What is being asked:
Among the records, how many lines carry the string "return"? Give that number with nothing added.

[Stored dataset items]
%%

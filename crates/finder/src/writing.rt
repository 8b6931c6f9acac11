// What find writes (document 02, L1): the dossier without tests, once it is known that there is room for all of it.
ghost use Rattle.std.specs.Prelude.{◌≡◌, [], ◌∷◌, ◌++◌, ◌+◌, ◌-◌, ◌≤◌, ◌<◌, length, drop};
ghost use Rattle.rules.specs.Files.{UnitData, count_bytes, words_bytes};
ghost use Rattle.rules.specs.Find.{found_cover};
ghost use Rattle.rules.specs.Operations.{overwritten};
ghost use Rattle.theory.specs.Wrote.{Wrote};
ghost use Rattle.finder_access.specs.Reached.{Reaches};
ghost use Rattle.finder_separators.specs.Kept.{words_from, WholeAt};
ghost use Rattle.finder.specs.Drafts.{CoverRoom, Fitting, draft_bytes};

use finder_access::write_cover;
use finder_separators::write_separators;
use numbers::wide;
use reader::UnitShape;
use texts::copy;

// A unit's table stands behind a count and two numbers.
const UNIT_TABLE: usize = 4;

// A count, low byte first. The answer is the place after it.
fn write_count(out: &mut [u8], at: usize, count: usize) -> usize
    requires { (at + 2 ≤ length out.old) × (count < 65536) }
    ensures { Wrote out.old at (count_bytes count) out.new result }
{
    out[at] = (count % 256) as u8;
    out[at + 1] = (count / 256) as u8;
    at + 2
}

// The three numbers: the bound is written as it was passed, so that 0 stays 0.
fn write_numbers(inputs: u8, states: u8, bound: u8, out: &mut [u8]) -> usize
    requires { 5 ≤ length out.old }
    ensures { Wrote out.old 0 (count_bytes 3 ++ (inputs ∷ states ∷ bound ∷ [])) out.new result }
{
    let at = write_count(out, 0, 3);
    out[at] = inputs;
    out[at + 1] = states;
    out[at + 2] = bound;
    at + 3
}

// The table, byte for byte as it stands in the unit.
fn write_table(unit: &[u8], out: &mut [u8], at: usize) -> usize
    requires { (4 ≤ length unit.now) × (at + (length unit.now - 4) ≤ length out.old) }
    ensures { Wrote out.old at (drop 4 unit.now) out.new result }
{
    let size = unit.len() - UNIT_TABLE;
    copy(&unit[UNIT_TABLE..], size, out, at);
    at + size
}

// The access words of all states, behind their count.
fn write_cover_section(queue: &[u16], places: &[u8], states: u8, out: &mut [u8], at: usize) -> usize
    requires { CoverRoom queue.now places.now states at (length out.old) }
    ensures { (u : UnitData) → Reaches u queue.now places.now → u.states ≡ states → Wrote out.old at (words_bytes (found_cover u)) out.new result }
{
    let next = write_count(out, at, wide(states));
    write_cover(queue, places, states, out, next)
}

// The separating words, behind their count.
fn write_separating_section(
    text: &[u8],
    kept: &[u16],
    count: usize,
    out: &mut [u8],
    at: usize,
) -> usize
    requires whole_at { WholeAt text.now kept.now count }
    requires count_in_bounds { at + length (words_bytes (words_from text.now kept.now 0 count)) ≤ length out.old }
    ensures { Wrote out.old at (words_bytes (words_from text.now kept.now 0 count)) out.new result }
{
    let next = write_count(out, at, count);
    write_separators(text, kept, count, out, next)
}

// The whole dossier. It has no tests.
pub fn write_draft(
    unit: &[u8],
    x: UnitShape,
    bound: u8,
    queue: &[u16],
    places: &[u8],
    text: &[u8],
    kept: &[u16],
    count: usize,
    out: &mut [u8],
)
    requires { Fitting unit.now x bound queue.now places.now text.now kept.now count (length out.old) }
    ensures { out.new ≡ overwritten (draft_bytes unit.now bound) out.old }
{
    let states = x.states;
    let table = write_numbers(x.inputs, states, bound, out);
    let cover = write_table(unit, out, table);
    let separating = write_cover_section(queue, places, states, out, cover);
    let tests = write_separating_section(text, kept, count, out, separating);
    write_count(out, tests, 0);
}
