// The answers of find (document 02, L1; the unit's 1 to 6, 3 for the bound, 8, 18 and 17).
ghost use Rattle.rules.specs.Promises.{FindPromise};
ghost use Rattle.finder.specs.Drafts.{Given, Bounded, Reduced, Drafted};

use crate::order::first_fault;
use crate::writing::write_draft;
use finder_access::{measure_cover, no_entries, no_places, reach_states, unreached};
use finder_distances::{find_distances, no_distances};
use finder_separators::{find_separators, place_room, separators_size};
use finder_spelling::text_room;
use finder_telling::lowest_untold;
use finder_unit::GoldenUnit;
use reader::{UnitShape, bound_in_range, read_unit};
use rules::{Fault, File, Found, Refusal};

// What a dossier has around its table and its words, more than a unit has: the byte for m and three counts.
const MORE_THAN_A_UNIT: usize = 7;

// The dossier with the words that were found, if there is room for it.
fn find_room(
    unit: &[u8],
    x: UnitShape,
    bound: u8,
    queue: &[u16],
    places: &[u8],
    text: &[u8],
    kept: &[u16],
    count: usize,
    out: &mut [u8],
) -> Found
    requires { Drafted unit.now x bound queue.now places.now text.now kept.now count }
    ensures { FindPromise unit.now bound out.old result out.new }
{
    let cover = measure_cover(queue, places, x.states);
    let separating = separators_size(text, kept, count);
    let size = unit.len() + MORE_THAN_A_UNIT + cover + separating;
    if out.len() < size {
        return Found::Refused(Refusal::NoRoom(size));
    }
    write_draft(unit, x, bound, queue, places, text, kept, count, out);
    Found::Written(size)
}

// The words of a unit that none of 1 to 18 refuses.
fn find_words(
    golden: &GoldenUnit<'_>,
    bound: u8,
    queue: &[u16],
    places: &[u8],
    distances: &[u8],
    out: &mut [u8],
) -> Found
    requires { Reduced golden.now.bytes.now golden.now.shape bound queue.now places.now distances.now }
    ensures { FindPromise golden.now.bytes.now bound out.old result out.new }
{
    let mut text = text_room();
    let mut kept = place_room();
    let count = find_separators(golden, distances, &mut text, &mut kept);
    find_room(
        golden.bytes,
        golden.shape,
        bound,
        queue,
        places,
        &text,
        &kept,
        count,
        out,
    )
}

// Of a unit and a bound that are good: which states can be reached, and which can be told apart.
fn find_bounded(unit: &[u8], x: UnitShape, bound: u8, out: &mut [u8]) -> Found
    requires { Bounded unit.now x bound }
    ensures { FindPromise unit.now bound out.old result out.new }
{
    let golden = GoldenUnit {
        bytes: unit,
        shape: x,
    };
    let mut queue = no_entries();
    let mut places = no_places();
    let mut distances = no_distances();
    reach_states(&golden, &mut queue, &mut places);
    find_distances(&golden, &mut distances);
    let state = unreached(&places, x.states);
    let pair = lowest_untold(&distances, x.states);
    match first_fault(state, pair) {
        Ok(()) => find_words(&golden, bound, &queue, &places, &distances, out),
        Err(r) => Found::Refused(r),
    }
}

// Of a unit that reads well.
fn find_given(unit: &[u8], x: UnitShape, bound: u8, out: &mut [u8]) -> Found
    requires { Given unit.now x }
    ensures { FindPromise unit.now bound out.old result out.new }
{
    if !bound_in_range(x.states, bound) {
        return Found::Refused(Refusal::Malformed(Fault::BadNumbers, File::Number, 0));
    }
    find_bounded(unit, x, bound, out)
}

pub fn find(unit: &[u8], bound: u8, out: &mut [u8]) -> Found
    ensures { FindPromise unit.now bound out.old result out.new }
{
    match read_unit(unit) {
        Ok(x) => find_given(unit, x, bound, out),
        Err(r) => Found::Refused(r),
    }
}
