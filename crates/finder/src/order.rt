// Which of 8 and 18 comes first.
ghost use Rattle.std.specs.Prelude.{◌≡◌, ℕ};
ghost use Rattle.std.proofs.Math.Option.{Option};
ghost use Rattle.soundness_reach.specs.Reached.{state_found};
ghost use Rattle.soundness_apart.specs.Separating.{pair_found};
ghost use Rattle.soundness.specs.Lent.{finding_of};
ghost use Rattle.finder.specs.Drafts.{reduced};

use rules::{File, GoldenState, Refusal};

// The state that no word leads to, and else the two that no word tells apart.
pub fn first_fault(
    state: Option<GoldenState>,
    pair: Option<(GoldenState, GoldenState)>,
) -> Result<(), Refusal>
    ensures { (q : Option ℕ) (a : Option (ℕ × ℕ)) → state ≡ state_found q → pair ≡ pair_found a → result ≡ finding_of (reduced q a) }
{
    match state {
        Some(q) => Err(Refusal::Unreached(File::Unit, q)),
        None => match pair {
            Some((p, q)) => Err(Refusal::NotReduced(p, q)),
            None => Ok(()),
        },
    }
}
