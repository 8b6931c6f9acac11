// The finder of cover and separating words (document 02, L1): a unit file taken as golden gives the dossier to build from.
#![tactic(auto)]

mod answer;
mod order;
mod writing;

pub use answer::find;
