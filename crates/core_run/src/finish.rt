// What the last state of a walk comes to.
ghost use Rattle.std.specs.Prelude.{◌≡◌, ◌<◌, ◌≤◌, ◌+◌, ◌++◌, length, map, OnOk, IfOk, MatchOption, true, List as ListOf};
ghost use Rattle.std.specs.List.{flat_map};
ghost use Rattle.core_run.specs.Walks.{NoTrap, TrapOf, Trapping};
ghost use Rattle.core_run.specs.Shown.{all_ended, endings, trap_from, ShownAs};

use crate::outcome::Walk;
use rr_base::{Bytes, List, Trap};
use std::alloc::{AllocError, Global};
use thread_interpreter::{Access, Ending, Flow};

/// Whether all threads have ended.
pub fn have_ended(flows: &[Flow]) -> bool
    ensures { result ≡ all_ended flows.now }
{
    let mut rest = flows;
    while let [flow, more @ ..] = rest {
        if flow.ending().is_none() {
            return false;
        }
        rest = more;
    }
    true
}

// How the threads have ended, in their order.
pub(crate) fn endings_of(alloc: Global, flows: &[Flow]) -> Result<List<Ending>, AllocError>
    ensures { IfOk result (λ it. it ≡ endings flows.now) }
{
    let mut found = List::new(alloc);
    let mut rest = flows;
    while let [flow, more @ ..] = rest {
        if let Some(ending) = flow.ending() {
            found.push(ending)?;
        }
        rest = more;
    }
    Ok(found)
}

// The lowest thread that has trapped, and the kind and the line of its trap.
pub(crate) fn first_trap(flows: &[Flow]) -> Option<(u8, Trap, u32)>
    requires { length flows.now ≤ 16 }
    ensures { MatchOption result (trap_from 0 flows.now ≡ NoTrap) (λ it. trap_from 0 flows.now ≡ TrapOf it.0 it.1 it.2) }
{
    let mut thread = 0;
    let mut rest = flows;
    while let [flow, more @ ..] = rest {
        if let Some((kind, line)) = flow.trap() {
            return Some((thread, kind, line));
        }
        thread += 1;
        rest = more;
    }
    None
}

// All lists, one after the other.
pub(crate) fn joined(alloc: Global, lists: &[List<Access>]) -> Result<List<Access>, AllocError>
    ensures { IfOk result (λ it. it ≡ flat_map (λ xs. xs) lists.now) }
{
    let mut all = List::new(alloc);
    let mut rest = lists;
    while let [list, more @ ..] = rest {
        all.extend_from_slice(list.as_slice())?;
        rest = more;
    }
    Ok(all)
}

/// What a walk that has made all entries comes to, if all threads have ended.
pub fn shown(
    alloc: Global,
    flows: &[Flow],
    reads: &[List<Access>],
    out: Bytes,
) -> Result<Walk, AllocError>
    requires { length flows.now ≤ 16 }
    ensures { IfOk result (ShownAs flows.now reads.now out) }
{
    let ends = endings_of(alloc, flows)?;
    let reads = joined(alloc, reads)?;
    match first_trap(flows) {
        None => Ok(Walk::Done { out, reads, ends }),
        Some((thread, kind, line)) => Ok(Walk::Trapped {
            kind,
            thread,
            line,
            out,
            reads,
            ends,
        }),
    }
}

%%

Result of the exercise:
4